▶ _Work order_
How many lines in the records below contain "IsOk"? Answer with the number alone.

▶ _Provided data_
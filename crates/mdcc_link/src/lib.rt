//! Links for datagrams that may fail: over UDP sockets, and in memory, which fail by a script.
#![tactic(auto)]

pub mod link;
pub mod memory_link;
mod pauses;
mod sockets;
mod stored;
pub mod udp_link;

pub use link::{Link, Received};
pub use memory_link::MemoryLink;
pub use udp_link::UdpLink;
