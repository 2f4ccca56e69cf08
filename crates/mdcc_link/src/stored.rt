//! The calls of a link in memory, and its datagrams.
ghost use Rattle.std.specs.Prelude.{◌≡◌, ◌≤◌, ◌<◌, ◌+◌, ◌-◌, ◌++◌, ◌∷◌, ◌==◌, [], length, min, map, take, drop, find, position, slice_get, vec_len, vec_capacity, false, is_some, Some, None, Ok, Err, IsOk, IfSome, OnOk, OnErr};
ghost use Rattle.std.specs.Option.{option_map};
ghost use Rattle.mdcc_link.specs.Link.LinkCall.{Bind, Send, Receive};
ghost use Rattle.mdcc_link.specs.Memory.{address_eq, endpoint_of, first_waiting_at, without_first, arrived, found_of, part_received, bound_after, sent_after, waiting_after, Brings};
ghost use Rattle.mdcc_link.specs.Stored.{IsLinkStore, MakesContents, bytes_of, pending_after};

use crate::Received;
use mdcc_base::{Address, Failed};
use std::alloc::{AllocError, Global};
use std::marker::Model;

/// An address that an endpoint bound.
#[derive(Clone, Copy)]
pub struct Bound {
    pub at: u8,
    pub address: Address,
}

/// So many bytes from this one on.
#[derive(Clone, Copy)]
pub struct Piece {
    pub start: usize,
    pub count: usize,
}

/// A call with its answer. Its bytes stand elsewhere.
#[derive(Clone, Copy)]
pub enum Noted {
    Bind {
        at: u8,
        address: Address,
        answer: Result<(), Failed>,
    },
    Send {
        from: u8,
        to: Address,
        answer: Result<(), Failed>,
    },
    Receive {
        at: u8,
        size: usize,
        answer: Result<Received, Failed>,
    },
}

/// A call, and where its bytes stand.
#[derive(Clone, Copy)]
pub struct Note {
    pub call: Noted,
    pub piece: Piece,
}

/// A datagram that was sent.
#[derive(Clone, Copy)]
pub struct Dispatch {
    pub from: u8,
    pub to: Address,
    pub piece: Piece,
}

/// A datagram that waits at an endpoint.
#[derive(Clone, Copy)]
pub struct Pending {
    pub at: u8,
    pub piece: Piece,
}

/// The calls in order, the addresses that were bound, the datagrams that were sent and those that wait, and the bytes of all,
/// one after the other.
#[derive(Drop)]
pub struct Stored {
    notes: Vec<Note>,
    bound: Vec<Bound>,
    sends: Vec<Dispatch>,
    queue: Vec<Pending>,
    bytes: Vec<u8>,
}

impl Model for Stored {
    ghost use Rattle.std.specs.Prelude.{◌-◌, length, map, min, vec_len, vec_capacity};
    ghost use Rattle.mdcc_link.specs.Stored.{LinkStore, HasPieces, note_in, sent_in, waiting_in};

    ghost Value = { LinkStore };

    ghost view = { λ s. record {
      calls = map (note_in s.bytes.items) s.notes.items;
      bound = s.bound.items;
      sent = map (sent_in s.bytes.items) s.sends.items;
      waiting = map (waiting_in s.bytes.items) s.queue.items;
      call_room = min (min (vec_capacity s.notes - vec_len s.notes) (vec_capacity s.bound - vec_len s.bound))
          (min (vec_capacity s.sends - vec_len s.sends) (vec_capacity s.queue - vec_len s.queue));
      byte_room = vec_capacity s.bytes - vec_len s.bytes;
    } };

    ghost invariant = { λ s. HasPieces (length s.bytes.items) s.notes.items s.sends.items s.queue.items };
}

// Whether they are one address.
fn address_eq(a: &Address, b: &Address) -> bool
    ensures { result ≡ address_eq a.now b.now }
{
    *a == *b
}

// The endpoint that bound the address first.
fn endpoint_of(bound: &[Bound], address: Address) -> Option<u8>
    ensures { result ≡ endpoint_of bound.now address }
{
    let found = bound
        .iter()
        .find(|each| address_eq(&each.address, &address))?;
    Some(found.at)
}

// The index of the first one that waits at the endpoint.
fn first_index(queue: &[Pending], at: u8) -> Option<usize>
    ensures index { result ≡ position (λ p. p.at == at) queue.now }
    ensures within { IfSome result (λ i. i < length queue.now) }
{
    queue.iter().position(|pending| pending.at == at)
}

// The first piece that waits at the endpoint.
fn first_piece(queue: &[Pending], at: u8) -> Option<Piece>
    ensures { result ≡ option_map (λ p. p.piece) (find (λ p. p.at == at) queue.now) }
{
    let first = queue.iter().find(|pending| pending.at == at)?;
    Some(first.piece)
}

// Takes the first one that waits at the endpoint.
fn take_first(queue: &mut Vec<Pending>, at: u8) -> Option<Pending>
    ensures first { result ≡ find (λ p. p.at == at) queue.old.items }
    ensures left { queue.new.items ≡ without_first (λ p. p.at == at) queue.old.items }
    ensures len { vec_len queue.new ≤ vec_len queue.old }
    ensures capacity { vec_capacity queue.new ≡ vec_capacity queue.old }
{
    match first_index(queue.as_slice(), at) {
        Some(index) => Some(queue.remove(index)),
        None => None,
    }
}

// Adds an element, for which there is room.
fn add<T: Copy>(list: &mut Vec<T>, element: T)
    requires room { vec_len list.old < vec_capacity list.old }
    ensures items { list.new.items ≡ list.old.items ++ element ∷ [] }
    ensures len { vec_len list.new ≡ vec_len list.old + 1 }
    ensures capacity { vec_capacity list.old ≤ vec_capacity list.new }
{
    let _added = list.push(element).is_ok();
}

// Lets a piece wait at the endpoint, if there is one.
fn let_wait(queue: &mut Vec<Pending>, at: Option<u8>, piece: Piece)
    requires room { vec_len queue.old < vec_capacity queue.old }
    ensures items { queue.new.items ≡ pending_after at piece queue.old.items }
    ensures len { vec_len queue.new ≤ vec_len queue.old + 1 }
    ensures capacity { vec_capacity queue.old ≤ vec_capacity queue.new }
{
    if let Some(at) = at {
        add(queue, Pending { at, piece });
    }
}

// Adds bytes behind all others.
fn store(pool: &mut Vec<u8>, bytes: &[u8]) -> Piece
    requires room { vec_len pool.old + length bytes.now ≤ vec_capacity pool.old }
    ensures items { pool.new.items ≡ pool.old.items ++ bytes.now }
    ensures len { vec_len pool.new ≡ vec_len pool.old + length bytes.now }
    ensures piece { result ≡ record { start = length pool.old.items; count = length bytes.now } }
    ensures capacity { vec_capacity pool.old ≤ vec_capacity pool.new }
{
    let start = pool.len();
    let _stored = pool.extend_from_slice(bytes).is_ok();
    Piece {
        start,
        count: bytes.len(),
    }
}

// The bytes of a piece, as far as they are there.
fn bytes_of(pool: &[u8], piece: Piece) -> &[u8]
    ensures { result.now ≡ bytes_of piece pool.now }
{
    let rest = pool.split_at(piece.start.min(pool.len())).1;
    rest.split_at(piece.count.min(rest.len())).0
}

// Copies as many bytes as fit to the front of the buffer, and answers how many.
fn copy_front(bytes: &[u8], into: &mut [u8]) -> usize
    ensures count { result ≡ min (length into.old) (length bytes.now) }
    ensures buffer { into.new ≡ take result bytes.now ++ drop result into.old }
{
    let count = into.len().min(bytes.len());
    into[..count].copy_from_slice(&bytes[..count]);
    count
}

impl Stored {
    pub fn new(alloc: Global) -> Stored
        ensures calls { result.calls ≡ [] }
        ensures bound { result.bound ≡ [] }
        ensures sent { result.sent ≡ [] }
        ensures waiting { result.waiting ≡ [] }
    {
        Stored {
            notes: Vec::new(alloc),
            bound: Vec::new(alloc),
            sends: Vec::new(alloc),
            queue: Vec::new(alloc),
            bytes: Vec::new(alloc),
        }
    }

    /// Lets so many further calls with so many bytes in all find memory.
    pub fn reserve(&mut self, calls: usize, bytes: usize) -> Result<(), AllocError>
        ensures same { IsLinkStore self.old.calls self.old.bound self.old.sent self.old.waiting self.new }
        ensures calls { OnOk result (calls ≤ self.new.call_room) }
        ensures bytes { OnOk result (bytes ≤ self.new.byte_room) }
        ensures calls_stay { self.old.call_room ≤ self.new.call_room }
        ensures bytes_stay { self.old.byte_room ≤ self.new.byte_room }
        ensures succeeds { calls ≤ self.old.call_room → bytes ≤ self.old.byte_room → IsOk result }
    {
        self.notes.try_reserve(calls)?;
        self.bound.try_reserve(calls)?;
        self.sends.try_reserve(calls)?;
        self.queue.try_reserve(calls)?;
        self.bytes.try_reserve(bytes)?;
        Ok(())
    }

    /// Adds a bind.
    pub fn bind(&mut self, at: u8, address: Address, answer: Result<(), Failed>)
        requires room { 0 < self.old.call_room }
        ensures store { MakesContents (Bind at address answer) self.old self.new }
        ensures calls_stay { self.old.call_room ≤ self.new.call_room + 1 }
        ensures bytes_stay { self.old.byte_room ≤ self.new.byte_room }
    {
        let call = Noted::Bind {
            at,
            address,
            answer,
        };
        let piece = Piece { start: 0, count: 0 };
        add(&mut self.notes, Note { call, piece });
        match answer {
            Ok(()) => add(&mut self.bound, Bound { at, address }),
            Err(_) => {}
        }
    }

    /// Adds a send.
    pub fn send(&mut self, from: u8, to: Address, bytes: &[u8], answer: Result<(), Failed>)
        requires room { 0 < self.old.call_room }
        requires bytes_room { length bytes.now ≤ self.old.byte_room }
        ensures store { MakesContents (Send from to bytes.now answer) self.old self.new }
        ensures calls_stay { self.old.call_room ≤ self.new.call_room + 1 }
        ensures bytes_stay { self.old.byte_room ≤ self.new.byte_room + length bytes.now }
    {
        let piece = store(&mut self.bytes, bytes);
        let call = Noted::Send { from, to, answer };
        add(&mut self.notes, Note { call, piece });
        match answer {
            Ok(()) => {
                add(&mut self.sends, Dispatch { from, to, piece });
                let at = endpoint_of(self.bound.as_slice(), to);
                let_wait(&mut self.queue, at, piece);
            }
            Err(_) => {}
        }
    }

    /// Lets a datagram wait at an endpoint.
    pub fn put(&mut self, at: u8, bytes: &[u8])
        requires room { 0 < self.old.call_room }
        requires bytes_room { length bytes.now ≤ self.old.byte_room }
        ensures store { IsLinkStore self.old.calls self.old.bound self.old.sent (arrived (Some at) bytes.now self.old.waiting) self.new }
        ensures calls_stay { self.old.call_room ≤ self.new.call_room + 1 }
        ensures bytes_stay { self.old.byte_room ≤ self.new.byte_room + length bytes.now }
    {
        let piece = store(&mut self.bytes, bytes);
        let_wait(&mut self.queue, Some(at), piece);
    }

    /// Adds a receive that fails.
    pub fn fail_receive(&mut self, at: u8, size: usize)
        requires room { 0 < self.old.call_room }
        ensures store { MakesContents (Receive at size (Err (record {})) []) self.old self.new }
        ensures calls_stay { self.old.call_room ≤ self.new.call_room + 1 }
        ensures bytes_stay { self.old.byte_room ≤ self.new.byte_room }
    {
        let answer = Err(Failed);
        let call = Noted::Receive { at, size, answer };
        let piece = Piece { start: 0, count: 0 };
        add(&mut self.notes, Note { call, piece });
    }

    /// Takes the first datagram that waits at the endpoint, and adds that receive.
    pub fn receive(&mut self, at: u8, into: &mut [u8]) -> Received
        requires room { 0 < self.old.call_room }
        ensures answer { Ok result ≡ found_of false (length into.old) (first_waiting_at at self.old.waiting) }
        ensures buffer { Brings (part_received false (length into.old) (first_waiting_at at self.old.waiting)) into.old into.new }
        ensures store { MakesContents (Receive at (length into.old) (found_of false (length into.old) (first_waiting_at at self.old.waiting))
            (part_received false (length into.old) (first_waiting_at at self.old.waiting))) self.old self.new }
        ensures calls_stay { self.old.call_room ≤ self.new.call_room + 1 }
        ensures bytes_stay { self.old.byte_room ≤ self.new.byte_room }
    {
        let size = into.len();
        match take_first(&mut self.queue, at) {
            Some(first) => {
                let count = copy_front(bytes_of(self.bytes.as_slice(), first.piece), into);
                let answer = Ok(Received::Got(count));
                let call = Noted::Receive { at, size, answer };
                let start = first.piece.start;
                let piece = Piece { start, count };
                add(&mut self.notes, Note { call, piece });
                Received::Got(count)
            }
            None => {
                let answer = Ok(Received::Nothing);
                let call = Noted::Receive { at, size, answer };
                let piece = Piece { start: 0, count: 0 };
                add(&mut self.notes, Note { call, piece });
                Received::Nothing
            }
        }
    }

    /// Whether a datagram waits at the endpoint.
    pub fn waits(&self, at: u8) -> bool
        ensures { result ≡ is_some (first_waiting_at at self.now.waiting) }
    {
        first_piece(self.queue.as_slice(), at).is_some()
    }

    /// The datagram that was sent after so many others.
    pub fn sent(&self, index: usize) -> Option<(u8, Address, &[u8])>
        ensures { option_map (λ r. record { from = r.0; to = r.1; bytes = r.2.now }) result ≡ slice_get self.now.sent index }
    {
        let sent = self.sends.get(index)?;
        let bytes = bytes_of(self.bytes.as_slice(), sent.piece);
        Some((sent.from, sent.to, bytes))
    }
}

▶ _Answer_
2